Jockey Victor Espinoza has been a model of consistency aboard California Chrome, giving the 3-year-old colt a pair of flawless rides in capturing the Kentucky Derby Presented by Yum! Brands (gr. I) and the Preakness Stakes (gr. I).
But the enormity of the 1 1/2-mile Belmont Park oval will present unique challenges during the running of the June 7 Belmont Stakes (gr. I) for the journeyman who currently hangs his tack at Santa Anita Park—a one mile in circumference racetrack.
Former rider and now NYRA racing analyst Richard Migliore, who has called both Belmont Park and Santa Anita home during his three-decade career in the saddle, is concerned about the potential pitfalls of being a visiting jockey on the wide, sweeping turns of "Big Sandy."
"I wish (Espinoza) was coming here to ride (for the next two weeks) to really familiarize himself with the racetrack," Migliore said.
Besides recognizing Santa Anita's tighter turns and propensity for its racing surface to be more speed-favoring, Migliore also sees the need for a rider to adjust his internal clock—realigning the almost subconscious aspects of race-riding—to be better prepared to succeed in the Belmont Stakes.
"Riding is so instinctual.
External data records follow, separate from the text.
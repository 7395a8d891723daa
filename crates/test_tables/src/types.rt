//! Questions that are asked at dimension types.
//!
//! Each type is named in this one place, since the check takes seconds for each function that names one.
use nd_base::{Ix0, Ix1, Ix2, Ix3, Ix4, Ix5, Ix6, IxDyn, Lengths};
use std::alloc::Global;

/// What can be asked at any dimension type.
pub trait AtType {
    /// Whether it holds at the type `D`; `None` where its row can't be read there.
    fn at<D: Lengths>(self, alloc: Global) -> Option<bool>
    where
        Self: Sized;
}

/// Whether it holds at the type that fixes so many axes, or, where none does, at that of any number.
pub fn at_type<A: AtType>(alloc: Global, ndim: Option<usize>, asked: A) -> Option<bool> {
    match ndim {
        Some(0) => asked.at::<Ix0>(alloc),
        Some(1) => asked.at::<Ix1>(alloc),
        Some(2) => asked.at::<Ix2>(alloc),
        Some(3) => asked.at::<Ix3>(alloc),
        Some(4) => asked.at::<Ix4>(alloc),
        Some(5) => asked.at::<Ix5>(alloc),
        Some(6) => asked.at::<Ix6>(alloc),
        _ => asked.at::<IxDyn>(alloc),
    }
}

/// Whether it holds at each type of so many axes: the one that fixes them, if there is one, and that of any number.
pub fn at_each_type<A: AtType + Copy>(alloc: Global, count: usize, asked: A) -> Option<bool> {
    Some(at_type(alloc, Some(count), asked)? && at_type(alloc, None, asked)?)
}
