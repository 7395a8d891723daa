//! What is printed.
use std::alloc::AllocError;

/// Whether this text was printed.
pub fn is_printed(printed: Result<String, AllocError>, text: &str) -> bool {
    match printed {
        Ok(printed) => printed.as_str() == text,
        Err(_) => false,
    }
}
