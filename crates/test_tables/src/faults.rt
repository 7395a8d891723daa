//! The names of faults.
ghost use Rattle.std.specs.Prelude.{◌≡◌};
ghost use Rattle.std.specs.Result.{result_err};

use ErrorKind::{
    IncompatibleLayout, IncompatibleShape, OutOfBounds, Overflow, RangeLimited, Unsupported,
};
use nd_base::{ErrorKind, LayoutError, ShapeError};

/// The name of a fault, or `none`.
pub fn name_of(fault: Option<ErrorKind>) -> &'static str {
    match fault {
        None => "none",
        Some(IncompatibleLayout) => "IncompatibleLayout",
        Some(IncompatibleShape) => "IncompatibleShape",
        Some(OutOfBounds) => "OutOfBounds",
        Some(Overflow) => "Overflow",
        Some(RangeLimited) => "RangeLimited",
        Some(Unsupported) => "Unsupported",
    }
}

/// The name of the fault of a layout, or `memory` where an allocation fails.
pub fn layout_fault_name(fault: &LayoutError) -> &'static str {
    match fault {
        LayoutError::Shape(fault) => name_of(Some(fault.kind())),
        LayoutError::Memory(_) => "memory",
    }
}

/// The fault of a call that failed, if it did.
pub fn fault_of(answer: Result<(), ShapeError>) -> Option<ErrorKind>
    ensures { result ≡ result_err answer }
{
    match answer {
        Ok(()) => None,
        Err(fault) => Some(fault.kind()),
    }
}

/// The answer of a call, or the fault that it failed with.
pub fn or_fault<T: Drop>(answer: Result<T, ShapeError>) -> Result<T, ErrorKind>
    ensures { result ≡ answer }
{
    match answer {
        Ok(answer) => Ok(answer),
        Err(fault) => Err(fault.kind()),
    }
}
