//! What the tests of several crates share: rows of tables and their words, questions asked at a dimension type that a
//! row names, the names of errors, hashes, what is printed, requests for memory.
//!
//! A table is lines, and each is a row: `CALL ARG ARG .. => ANSWER`. Rows of one call and one answer may stand in one
//! line: `CALL ARG .. / ARG .. => ANSWER`. Spaces separate words. A word is a name, a number, a list of numbers
//! (`2,3,-1`, or `-` for none), slice elements (`1..4;2`, `-1`, `NewAxis`, with commas between them), or the name of a
//! dimension type (`Ix0` to `Ix6`, `IxDyn`). Negative lengths and strides are kept by their bits. A row that can't be
//! read fails its test, and so does an empty table.
#![tactic(auto)]

mod equality;
mod faults;
mod lists;
mod memory;
mod row;
mod slices;
mod tables;
mod texts;
mod types;

pub use equality::hash_of;
pub use faults::{fault_of, layout_fault_name, name_of, or_fault};
pub use lists::{List, Lists, made};
pub use memory::grants;
pub use row::{Reading, Row, Words};
pub use tables::{Asked, first_failing, meaning, row_holds};
pub use texts::is_printed;
pub use types::{AtType, at_each_type, at_type};
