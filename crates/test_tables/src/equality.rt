//! The hashes of values.
use std::hash::{DefaultHasher, Hash, Hasher};

/// The hash of a value.
pub fn hash_of<T: Hash>(value: &T) -> u64 {
    let mut state = DefaultHasher::new();
    value.hash(&mut state);
    state.finish()
}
You ride in stages. Heading into the second turn (when you're used to a smaller oval), your hands and body language are trained to give the horse its cue," said Migliore. "You open your knees and lower your seat (asking your horse to pick it up). The problem is (at Belmont Park) you're not three furlongs from home at that point. You're probably four and a half furlongs from the wire. And once you give the horse that cue, you can't take it back."
Back in 2004, Migliore went through that mental process in reverse when he switched his tack from New York to the California circuit.
"Lafitt Pincay Jr. told me 'Don't feel bad if you don't win any races on the downhill turf course,'" recalled Migliore, referring to Santa Anita's famed El Camino Real Chute. "We were racing at Hollywood Park at the time, but I was living close to Santa Anita. Every night, I'd go home and walk that turf course. I'd visualize myself riding it. (When the Santa Anita meet started) I didn't win my first few times over it. But during that meeting, I won 15 races on it, more than any other rider."
At the 2008 Breeders' Cup World Championships at Santa Anita, "The Mig" won the Breeders' Cup Turf Sprint (gr. IT) atop Desert Code on that same course with a dramatic stretch run, perhaps the biggest victory of his 4,450 win career.
Migliore believes he witnessed this potential Triple Crown pitfall of being unfamiliar with "Big Sandy" when Stewart Elliot, who was competing mostly at Parx, arrived at Belmont Park to ride Smarty Jones in the 2004 Belmont Stakes.
"There was a gold rail that day and I don't think (Elliot) recognized it," said Migliore, who won the race after the Belmont Stakes in wire-to-wire fashion, never leaving the rail. "When Eddington (who was putting pressure on the pacesetting Smarty Jones) fell back, Elliot had him in the two-path. He had a chance to drop over to the gold rail and give his horse a breather. Instead, Rock Hard Ten came up the rail to challenge him. Getting that kind of breather might have made a difference (in the outcome of finishing second to Birdstone)."
Of course, Victor Espinoza is not a complete stranger to Belmont Park. In 2002, he piloted Triple Crown hopeful War Emblem, who after a horrific stumbling start finished a disappointing eighth. Back in 2001, Espinosa finished second aboard A P Valentine behind winner Point Given . He has not ridden in the Belmont Stakes since 2006, when he finished ninth on Sacred Light. Espinoza also has an older brother, former jockey Jose Espinoza, who knows Belmont well.
Make no mistake, Migliore is rooting hard for California Chrome and his jockey to deliver a Triple Crown for the sport of racing and its fans. In the press conference after winning the Preakness, Migliore asked Espinoza whether he'd be coming to ride in New York in the weeks leading up to the Belmont Stakes. It was there Espinoza informed him that he'd be sticking to his normal riding schedule in California.
"If it was me, I'd want to be very comfortable here (at Belmont Park)," said Migliore. "I'd want to know the daily routine, where everything was (in the jock's room). I wouldn't want to feel like I was in the visitors' locker room. I want to feel like I was part of the home team."